According to the present invention, it is possible to prevent the position of the semiconductor element from fluctuating during resin encapsulation. Therefore, even if a large semiconductor element is mounted, a void is generated or the semiconductor element is exposed. It is possible to provide a resin-sealed semiconductor device in which the above defects do not occur.

[Brief description of drawings]

FIG. 1 is a perspective view showing an embodiment of a resin-sealed semiconductor device of the present invention.

FIG. 2 is a sectional view taken along the line EE of FIG.
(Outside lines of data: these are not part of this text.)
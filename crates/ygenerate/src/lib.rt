//! The generator: the tables of a grammar file, its texts, and all that `yacc` does except its exit.
//! The words of both programs, and what both say of these and of a grammar file, stand here too.
#![tactic(auto)]

pub mod arguments;
pub mod generate;
pub mod generator;
pub mod message;
pub mod source;
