//! Reads of grammars and tables by any number: what is out of range has an answer.

ghost use Rattle.std.specs.Iterator.{at_most};

use std::alloc::{AllocError, Global};
use ylalr::{Automaton, Item};
use yprovenance::{Candidate, candidate_at, leading, next_rule, shift_at};
use ysymbols::{Grammar, Precedence, Rule, Sym};
use ytables::{Action, Conflict, Tables, is_ready, next_symbol};

/// What is made, unless memory runs out.
pub type Made<T> = Result<T, AllocError>;

/// Sets an entry, where there is one.
pub fn set<T: Copy>(entries: &mut [T], place: usize, value: T) {
    if let Some(entry) = entries.get_mut(place) {
        *entry = value;
    }
}

/// Whether a mark is set; one that isn't there is not.
pub fn is_set(marks: &[bool], place: usize) -> bool {
    matches!(marks.get(place), Some(true))
}

/// The grammar that tables were made for.
pub fn grammar_of(tables: &Tables) -> &Grammar {
    tables.automaton().grammar()
}

/// The printed name of a symbol; empty for a number that is no symbol.
pub fn name_of(grammar: &Grammar, symbol: Sym) -> &[u8] {
    if symbol < grammar.symbols() {
        grammar.name(symbol)
    } else {
        b""
    }
}

/// The rule of a number, or `None` for a number of no rule.
pub fn rule_of(grammar: &Grammar, number: usize) -> Option<&Rule> {
    if number < grammar.rules() {
        Some(grammar.rule(number))
    } else {
        None
    }
}

/// The body of a rule; empty for a number that is no rule.
pub fn body_of(grammar: &Grammar, number: usize) -> &[Sym] {
    match rule_of(grammar, number) {
        Some(rule) => rule.body(),
        None => &[],
    }
}

/// The left side of a rule, or `None` for a number of no rule.
pub fn left_of(grammar: &Grammar, number: usize) -> Option<Sym> {
    rule_of(grammar, number).map(|rule| rule.left())
}

/// The precedence of a token, where it has one; the end never has.
pub fn level_of(grammar: &Grammar, token: Sym) -> Option<Precedence> {
    if grammar.is_token(token) {
        ytables::level_of(grammar, token)
    } else {
        None
    }
}

/// Whether the symbol can be reached from the start.
pub fn is_reachable(grammar: &Grammar, symbol: Sym) -> bool {
    symbol < grammar.symbols() && grammar.reachable(symbol)
}

/// The items of a state; empty for a number of no state.
pub fn items_of(automaton: &Automaton, state: usize) -> &[Item] {
    if state < automaton.states() {
        automaton.items(state)
    } else {
        &[]
    }
}

/// Whether a state has an item.
pub fn has_item(automaton: &Automaton, state: usize, item: Item) -> bool {
    items_of(automaton, state)
        .binary_search_by_key(&(item.rule, item.dot), |i| (i.rule, i.dot))
        .is_ok()
}

/// The symbol after the dot of an item, or `None` at the end of the body.
pub fn next_of(grammar: &Grammar, item: Item) -> Option<Sym> {
    if item.rule < grammar.rules() {
        next_symbol(grammar, item)
    } else {
        None
    }
}

/// Whether an item is complete, and of another rule than rule 0.
pub fn is_complete(grammar: &Grammar, item: Item) -> bool {
    item.rule < grammar.rules() && is_ready(grammar, item)
}

/// Whether an item is of the kernel of its states: its dot isn't at the beginning, or it is that
/// of rule 0.
pub fn is_kernel(item: Item) -> bool {
    item.dot > 0 || item.rule == 0
}

/// Where the complete items of a state stand among its items.
pub fn ready_of(alloc: Global, automaton: &Automaton, state: usize) -> Made<Vec<usize>> {
    let items = items_of(automaton, state).iter().enumerate();
    items
        .filter(|(_, item)| is_complete(automaton.grammar(), **item))
        .map(|(index, _)| index)
        .collect(alloc)
}

/// The state to which a symbol leads from a state, or `None` where it leads nowhere.
pub fn goto_of(automaton: &Automaton, state: usize, symbol: Sym) -> Option<usize> {
    if state < automaton.states() && symbol < automaton.grammar().symbols() {
        automaton.goto(state, symbol)
    } else {
        None
    }
}

/// Whether a token is a merged lookahead of an item of a state.
pub fn looks_at(automaton: &Automaton, state: usize, item: Item, token: Sym) -> bool {
    state < automaton.states()
        && token < automaton.grammar().symbols()
        && automaton.looks(state, item, token)
}

/// The items of a state that lead to a symbol by the closure; none for a number of no state.
pub fn leading_at(
    alloc: Global,
    automaton: &Automaton,
    state: usize,
    symbol: Sym,
) -> Made<Vec<Item>> {
    if state < automaton.states() && symbol < automaton.grammar().symbols() {
        leading(alloc, automaton, state, symbol)
    } else {
        Ok(Vec::new(alloc))
    }
}

/// Whether a symbol derives the empty form.
pub fn vanishes(automaton: &Automaton, symbol: Sym) -> bool {
    symbol < automaton.grammar().symbols() && automaton.nullable(symbol)
}

/// Whether a symbol derives a form that begins with a token.
pub fn begins_with(automaton: &Automaton, symbol: Sym, token: Sym) -> bool {
    let symbols = automaton.grammar().symbols();
    symbol < symbols && token < symbols && automaton.in_first(symbol, token)
}

/// What is done in a state at a token; an error for a number of no state or no token.
pub fn action_of(tables: &Tables, state: usize, token: Sym) -> Action {
    let automaton = tables.automaton();
    if state < automaton.states() && automaton.grammar().is_token(token) {
        tables.action(state, token)
    } else {
        Action::Error
    }
}

/// The rule that a state reduces by at every token, where the state has a default rule.
pub fn default_of(tables: &Tables, state: usize) -> Option<usize> {
    if state < tables.automaton().states() {
        tables.default_rule(state)
    } else {
        None
    }
}

/// What the cells of a state count, by rising tokens; nothing for a number of no state.
pub fn conflicts_of(tables: &Tables, state: usize) -> &[Conflict] {
    if state < tables.automaton().states() {
        tables.conflicts_in(state)
    } else {
        &[]
    }
}

/// What a cell counts, where it counts something.
pub fn conflict_of(tables: &Tables, state: usize, token: Sym) -> Option<Conflict> {
    let conflicts = conflicts_of(tables, state);
    let place = conflicts.binary_search_by_key(&token, |conflict| conflict.token);
    conflicts.get(place.ok()?).copied()
}

/// How many rules a cell counts beside what is done in it: one of its two counts is 0.
pub fn rivals_in(conflict: Conflict) -> usize {
    conflict.shift_reduce.max(conflict.reduce_reduce)
}

/// The shift that is a candidate in a cell, where one is.
pub fn shift_of(tables: &Tables, state: usize, token: Sym) -> Option<Action> {
    let automaton = tables.automaton();
    if state < automaton.states() && automaton.grammar().is_token(token) {
        shift_at(tables, state, token)
    } else {
        None
    }
}

/// The candidate in a cell that the item at an index of the state is, where it is one.
pub fn candidate_of(tables: &Tables, state: usize, token: Sym, index: usize) -> Option<Candidate> {
    let automaton = tables.automaton();
    if state >= automaton.states() || !automaton.grammar().is_token(token) {
        return None;
    }
    if index < automaton.items(state).len() {
        candidate_at(tables, state, token, index)
    } else {
        None
    }
}

/// The rules that are candidates in a cell, in their order.
#[derive(Clone, Copy, Drop)]
pub struct Candidates<'a> {
    tables: &'a Tables,
    state: usize,
    token: Sym,
    /// Where the next one is sought among the items of the state.
    index: usize,
    /// There are no more than these.
    most: usize,
}

impl Iterator for Candidates<'_> {
    type Item = Candidate;

    ghost remaining = { λ s. at_most s.most };

    fn next(&mut self) -> Option<Candidate> {
        if self.most == 0 {
            return None;
        }
        self.most -= 1;
        let (tables, state, token) = (self.tables, self.state, self.token);
        let automaton = tables.automaton();
        if state >= automaton.states() || !automaton.grammar().is_token(token) {
            return None;
        }
        let candidate = next_rule(tables, state, token, self.index)?;
        self.index = candidate.index.saturating_add(1);
        Some(candidate)
    }
}

/// The rules that are candidates in a cell; none for a number of no state or no token.
pub fn candidates_of(tables: &Tables, state: usize, token: Sym) -> Candidates<'_> {
    Candidates {
        tables,
        state,
        token,
        index: 0,
        most: items_of(tables.automaton(), state).len(),
    }
}
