//! Where lookaheads come from: for each rule of a cell the chain of items that gives it the token.

use crate::question::Question;
use crate::reads::{Made, body_of};
use crate::text::{ItemText, Numbered};
use std::alloc::Global;
use std::io::{self, Write};
use ylalr::Item;
use yprovenance::{Cause, Place, Reason, Reasons};

/// The most rules of a cell whose chains are made.
const MOST_RULES: usize = 3;

/// The most items of a chain that are shown.
const MOST_ITEMS: usize = 12;

/// A rule that could be reduced in a cell, and why the token is among its lookaheads.
#[derive(Drop)]
pub struct Source {
    /// The number of the rule.
    rule: usize,
    chain: Vec<Reason>,
}

impl Source {
    /// The item with the left side after its dot, where a part of the chain comes from one.
    fn opener(&self, index: usize) -> Option<Place> {
        let reason = self.chain.get(index)?;
        match reason.cause {
            Cause::Begins(item) => Some(Place {
                state: reason.place.state,
                item,
            }),
            Cause::Passes => Some(self.chain.get(index.checked_sub(1)?)?.place),
            Cause::Starts | Cause::Moves => None,
        }
    }
}

/// For each rule that could be reduced in a cell, up to so many, why the token is among its
/// lookaheads.
pub fn sources_of(alloc: Global, reasons: &Reasons<'_>, asked: Question<'_>) -> Made<Vec<Source>> {
    let mut sources = Vec::new(alloc);
    let (automaton, state, token) = (reasons.automaton(), asked.state, asked.token);
    for candidate in asked.candidates().take(MOST_RULES) {
        let rule = candidate.rule;
        let dot = body_of(asked.grammar(), rule).len();
        if state < automaton.states() && token < automaton.grammar().symbols() {
            if let Some(chain) = reasons.chain(alloc, state, Item { rule, dot }, token)? {
                sources.push(Source { rule, chain })?;
            }
        }
    }
    Ok(sources)
}

impl Question<'_> {
    /// Writes, for each of these rules, where the token comes from that can come after it, by the
    /// items that put it there: the first has the token after the symbol next to its dot, and each
    /// other ends with that symbol or with symbols that are nullable.
    pub fn put_sources<W: Write>(self, out: &mut W, sources: &[Source]) -> io::Result<()> {
        let name = self.name();
        for source in sources {
            let rule = source.rule;
            writeln!(out, "  {name} can come after rule {rule} from:")?;
            let mut shown: usize = 0;
            for index in 0..source.chain.len() {
                if let Some(place) = source.opener(index) {
                    if shown < MOST_ITEMS {
                        let state = place.state;
                        let number = Numbered(self.lines, place.item.rule);
                        let text = ItemText(self.grammar(), place.item);
                        writeln!(out, "    state {state}  {number}  {text}")?;
                    }
                    shown = shown.saturating_add(1);
                }
            }
            let more = shown.saturating_sub(MOST_ITEMS);
            if more > 0 {
                writeln!(out, "    and {more} items more")?;
            }
        }
        Ok(())
    }
}
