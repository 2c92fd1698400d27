//! The tokens of a grammar: how many there are, and which are the end and `error`.

ghost use Rattle.std.specs.Prelude.{◌≡◌};

use ysymbols::{Grammar, Sym};

/// The number of `$end`.
pub const END: Sym = 0;

/// The number of `error`.
pub const ERROR: Sym = 1;

/// How many of the symbols are tokens. Tokens are the numbers below this.
pub fn token_count(grammar: &Grammar) -> usize
    ensures { result ≡ grammar.now.bare.tokens }
{
    let mut count = 0;
    while count < grammar.symbols() && grammar.is_token(count) {
        count += 1;
    }
    count
}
FIG. 3 is a plan view showing an example of a lead frame for signal lead.

FIG. 4 is a plan view showing an example of a lead frame for supporting leads.

FIG. 5 is a sectional view of a second embodiment of the present invention.

FIG. 6 is a sectional view of a third embodiment of the present invention.

FIG. 7 is a sectional view of a fourth embodiment of the present invention.

FIG. 8 is a sectional view showing another embodiment of the resin-sealed semiconductor device of the present invention.

FIG. 9 is a perspective view showing an example of a conventional resin-sealed semiconductor device targeted by the present invention.

[Explanation of symbols]

DESCRIPTION OF SYMBOLS 1 ... Semiconductor element, 1a ... Circuit formation surface of semiconductor element, 1b
... Side surface opposite to circuit forming surface of semiconductor element, 1c Side surface of semiconductor element, 2 ... Signal lead, 3 ... Insulating member, 4 ... Metal wire, 5 ... Support lead, 6 ... Resin, 7 ... Package.

 ─────────────────────────────────────────────────── ─── Continuation of the front page (72) Inventor Naotaka Tanaka 502 Kintate-cho, Tsuchiura-shi, Ibaraki Prefecture Hiritsu Seisakusho Co., Ltd.

Claims (2)

[Claims] 1. A semiconductor element, and a plurality of signal leads joined to the circuit forming surface of the semiconductor element via an insulating member electrically insulating from the semiconductor element, the periphery of which is sealed with resin. In a resin-sealed semiconductor device in which a package is formed, a lead for supporting the semiconductor element is provided on a surface of the semiconductor element opposite to the circuit formation surface, apparatus. 2. A semiconductor element, and a plurality of signal leads joined on a circuit forming surface of the semiconductor element via an insulating member electrically insulating from the semiconductor element, the periphery of which is sealed with resin. A resin-sealed semiconductor device having a package, wherein a lead for supporting the semiconductor element is provided on a side surface of the semiconductor element.